Prompt
Go through the entries below and give the number of lines that have the string "requires", and only that.

Dataset records:
━━━━━━━━━━━━━━━━━━━━

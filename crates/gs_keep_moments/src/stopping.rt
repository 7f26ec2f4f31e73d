// A log that stops.
ghost use Rattle.std.specs.Prelude.{◌≡◌, ◌≤◌, ◌-◌, ◌==◌, ◌||◌, false, not, length, IfSome, OnOk, OnErr, is_err};
ghost use Rattle.gs_keep_log.specs.Log.{LogDoes, LogDoesPart, appended, partly_appended, partly_shortened, settled, shortened, synced, whole};
ghost use Rattle.gs_keep_moments.specs.Moments.{Stops};

use gs_keep_log::{Failed, Log};

/// A log over another, of which so many appends and syncs pass, and every later one fails and does nothing. Those that pass, and each
/// cut, are calls of the log below.
#[derive(Drop)]
pub struct StoppingLog<L> {
    log: L,
    calls: u64,
    has_stopped: bool,
}

/// Counts a call, and says whether it passes.
fn takes_call(calls: &mut u64) -> bool
    ensures counted { calls.new ≡ calls.old - 1 }
    ensures passes { result ≡ not (calls.old == 0) }
{
    if *calls == 0 {
        return false;
    }
    *calls -= 1;
    true
}

impl<L> StoppingLog<L> {
    /// A log over this one, of which so many appends and syncs pass.
    pub fn new(log: L, calls: u64) -> StoppingLog<L>
        ensures log { result.log ≡ log }
        ensures calls { result.calls ≡ calls }
        ensures goes_on { result.has_stopped ≡ false }
    {
        StoppingLog {
            log,
            calls,
            has_stopped: false,
        }
    }

    /// The log below.
    pub fn into_log(self) -> L
        ensures { result ≡ self.log }
    {
        let Self {
            log,
            calls: _,
            has_stopped: _,
        } = self;
        log
    }
}

impl<L: Log> Log for StoppingLog<L> {
    ghost use Rattle.std.specs.Prelude.{◌||◌};

    ghost holds = { λ s. L.holds s.log };

    ghost has_failed = { λ s. s.has_stopped || L.has_failed s.log };

    fn append(&mut self, bytes: &[u8]) -> Result<(), Failed>
        requires { (self.old.has_stopped || L.has_failed self.old.log) ≡ false }
        ensures ok { OnOk result (LogDoes (appended bytes.now) (L.holds self.old.log) (L.holds self.new.log)) }
        ensures err { OnErr result (LogDoesPart (partly_appended bytes.now) (L.holds self.old.log) (L.holds self.new.log)) }
        ensures failed { (self.new.has_stopped || L.has_failed self.new.log) ≡ is_err result }
        ensures stops { Stops self.old self.new }
    {
        if takes_call(&mut self.calls) {
            return self.log.append(bytes);
        }
        self.has_stopped = true;
        Err(Failed)
    }

    fn sync(&mut self) -> Result<(), Failed>
        requires { (self.old.has_stopped || L.has_failed self.old.log) ≡ false }
        ensures ok { OnOk result (LogDoes synced (L.holds self.old.log) (L.holds self.new.log)) }
        ensures err { OnErr result (LogDoesPart settled (L.holds self.old.log) (L.holds self.new.log)) }
        ensures failed { (self.new.has_stopped || L.has_failed self.new.log) ≡ is_err result }
        ensures stops { Stops self.old self.new }
    {
        if takes_call(&mut self.calls) {
            return self.log.sync();
        }
        self.has_stopped = true;
        Err(Failed)
    }

    fn cut(&mut self, len: u64) -> Result<(), Failed>
        requires goes_on { (self.old.has_stopped || L.has_failed self.old.log) ≡ false }
        requires within { IfSome (L.holds self.old.log) (λ h. len ≤ length (whole h)) }
        ensures ok { OnOk result (LogDoes (shortened len) (L.holds self.old.log) (L.holds self.new.log)) }
        ensures err { OnErr result (LogDoesPart (partly_shortened len) (L.holds self.old.log) (L.holds self.new.log)) }
        ensures failed { (self.new.has_stopped || L.has_failed self.new.log) ≡ is_err result }
        ensures calls { (self.new.calls ≡ self.old.calls) × (self.new.has_stopped ≡ self.old.has_stopped) }
    {
        self.log.cut(len)
    }
}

━━━━━━━━━━━━━━━━━━━━

Worked solution
4